Every line of the data needs to be returned exactly.
= = = =
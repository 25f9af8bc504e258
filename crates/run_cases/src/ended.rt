//! What a run has left.

use cases::say;
use rt_outside::MemorySink;
use std::alloc::{AllocError, Global};

/// The two sinks of a run.
#[derive(Drop)]
pub struct Sinks {
    pub out: MemorySink,
    pub err: MemorySink,
}

/// The status of a run, and its sinks.
#[derive(Drop)]
pub struct Ended {
    pub status: u8,
    pub sinks: Sinks,
}

/// The status and what was written to the error stream, on a line.
pub fn say_status(
    alloc: Global,
    status: u8,
    err: &[u8],
    answer: &mut Vec<u8>,
) -> Result<(), AllocError> {
    answer.extend_from_slice(format!(in alloc; "{status}")?.as_bytes())?;
    if !err.is_empty() {
        answer.push(b' ')?;
    }
    answer.extend_from_slice(err)?;
    if !err.ends_with(b"\n") {
        answer.push(b'\n')?;
    }
    Ok(())
}

// What stands behind a name in a line, up to the next comma or brace.
fn value_in<'a>(line: &'a str, name: &str) -> &'a str {
    match line.split_once(name) {
        Some((_, rest)) => {
            let (value, _) = rest.split_once(",").unwrap_or((rest, ""));
            value.strip_suffix("}\n").unwrap_or(value)
        }
        None => "none",
    }
}

/// The values of the members of these names of the one line that was written, each on a line.
pub fn say_members(
    alloc: Global,
    out: &[u8],
    names: &[String],
    answer: &mut Vec<u8>,
) -> Result<(), AllocError> {
    let Ok(line) = str::from_utf8(out) else {
        return say(answer, "no text");
    };
    for name in names {
        let name = name.as_str();
        let quoted = format!(in alloc; "\"{name}\":")?;
        let value = value_in(line, quoted.as_str());
        say(answer, format!(in alloc; "{name} {value}")?.as_str())?;
    }
    Ok(())
}

// A text, and the status and what was written to the error stream.
fn with_status(alloc: Global, text: &str, ended: &Ended) -> Result<Vec<u8>, AllocError> {
    let mut told = Vec::from_slice(alloc, text.as_bytes())?;
    say_status(alloc, ended.status, ended.sinks.err.written(), &mut told)?;
    Ok(told)
}

fn line_count(text: &[u8]) -> u64 {
    let mut count: u64 = 0;
    for byte in text {
        if *byte == b'\n' {
            count = count.saturating_add(1);
        }
    }
    count
}

/// Whether a run wrote a whole report, nothing, or how many lines of it; its status, and what it wrote to the error stream. What isn't a front of
/// the report is told.
pub fn told_lines(alloc: Global, ended: &Ended, whole: &Ended) -> Result<Vec<u8>, AllocError> {
    let out = ended.sinks.out.written();
    let whole = whole.sinks.out.written();
    if !whole.starts_with(out) {
        return with_status(alloc, "no front of it, ", ended);
    }
    if out == whole {
        return with_status(
            alloc,
            if out.is_empty() { "nothing, " } else { "all, " },
            ended,
        );
    }
    let text = match line_count(out) {
        0 => String::from_str(alloc, "nothing, ")?,
        1 => String::from_str(alloc, "1 line, ")?,
        count => format!(in alloc; "{count} lines, ")?,
    };
    with_status(alloc, text.as_str(), ended)
}

/// Whether a run that had so much room filled it with a front of a whole report, or wrote all of it; its status, and what it wrote to the
/// error stream.
pub fn told_filled(
    alloc: Global,
    ended: &Ended,
    whole: &Ended,
    room: usize,
) -> Result<Vec<u8>, AllocError> {
    let out = ended.sinks.out.written();
    let whole = whole.sinks.out.written();
    let text = if out == whole {
        "all, "
    } else if out.len() == room && whole.starts_with(out) {
        "filled, "
    } else {
        "no front of it, "
    };
    with_status(alloc, text, ended)
}
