//! What a row tells of.

/// What a row tells of.
#[derive(Clone, Copy, Debug, PartialEq, Eq)]
pub enum EventKind {
    Arrival,
    Departure,
    /// The whole trip.
    Trip,
    /// An update that matches no stop.
    Update,
}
= = = =
Result below.
repository 25f9af8bc504e258
filename crates/run_cases/src/ended.rt
//! What a run has left.

use cases::say;
use rt_outside::MemorySink;
use std::alloc::{AllocError, Global};

/// The two sinks of a run.
#[derive(Drop)]
pub struct Sinks {
    pub out: MemorySink,
    pub err: MemorySink,
}

/// The status of a run, and its sinks.
#[derive(Drop)]
pub struct Ended {
    pub status: u8,
    pub sinks: Sinks,
}

/// The status and what was written to the error stream, on a line.
pub fn say_status(
    alloc: Global,
    status: u8,
    err: &[u8],
    answer: &mut Vec<u8>,
) -> Result<(), AllocError> {
    answer.extend_from_slice(format!(in alloc; "{status}")?.as_bytes())?;
    if !err.is_empty() {
        answer.push(b' ')?;
    }
    answer.extend_from_slice(err)?;
    if !err.ends_with(b"\n") {
        answer.push(b'\n')?;
    }
    Ok(())
}

// What stands behind a name in a line, up to the next comma or brace.
fn value_in<'a>(line: &'a str, name: &str) -> &'a str {
    match line.split_once(name) {
        Some((_, rest)) => {
            let (value, _) = rest.split_once(",").unwrap_or((rest, ""));
            value.strip_suffix("}\n").unwrap_or(value)
        }
        None => "none",
    }
}

/// The values of the members of these names of the one line that was written, each on a line.
pub fn say_members(
    alloc: Global,
    out: &[u8],
    names: &[String],
    answer: &mut Vec<u8>,
) -> Result<(), AllocError> {
    let Ok(line) = str::from_utf8(out) else {
        return say(answer, "no text");
    };
    for name in names {
        let name = name.as_str();
        let quoted = format!(in alloc; "\"{name}\":")?;
        let value = value_in(line, quoted.as_str());
        say(answer, format!(in alloc; "{name} {value}")?.as_str())?;
    }
    Ok(())
}

// A text, and the status and what was written to the error stream.
fn with_status(alloc: Global, text: &str, ended: &Ended) -> Result<Vec<u8>, AllocError> {
    let mut told = Vec::from_slice(alloc, text.as_bytes())?;
    say_status(alloc, ended.status, ended.sinks.err.written(), &mut told)?;
    Ok(told)
}

fn line_count(text: &[u8]) -> u64 {
    let mut count: u64 = 0;
    for byte in text {
        if *byte == b'\n' {
            count = count.saturating_add(1);
        }
    }
    count
}

/// Whether a run wrote a whole report, nothing, or how many lines of it; its status, and what it wrote to the error stream. What isn't a front of
/// the report is told.
pub fn told_lines(alloc: Global, ended: &Ended, whole: &Ended) -> Result<Vec<u8>, AllocError> {
    let out = ended.sinks.out.written();
    let whole = whole.sinks.out.written();
    if !whole.starts_with(out) {
        return with_status(alloc, "no front of it, ", ended);
    }
    if out == whole {
        return with_status(
            alloc,
            if out.is_empty() { "nothing, " } else { "all, " },
            ended,
        );
    }
    let text = match line_count(out) {
        0 => String::from_str(alloc, "nothing, ")?,
        1 => String::from_str(alloc, "1 line, ")?,
        count => format!(in alloc; "{count} lines, ")?,
    };
    with_status(alloc, text.as_str(), ended)
}

/// Whether a run that had so much room filled it with a front of a whole report, or wrote all of it; its status, and what it wrote to the
/// error stream.
pub fn told_filled(
    alloc: Global,
    ended: &Ended,
    whole: &Ended,
    room: usize,
) -> Result<Vec<u8>, AllocError> {
    let out = ended.sinks.out.written();
    let whole = whole.sinks.out.written();
    let text = if out == whole {
        "all, "
    } else if out.len() == room && whole.starts_with(out) {
        "filled, "
    } else {
        "no front of it, "
    };
    with_status(alloc, text, ended)
}
//! What a row tells of.

/// What a row tells of.
#[derive(Clone, Copy, Debug, PartialEq, Eq)]
pub enum EventKind {
    Arrival,
    Departure,
    /// The whole trip.
    Trip,
    /// An update that matches no stop.
    Update,
}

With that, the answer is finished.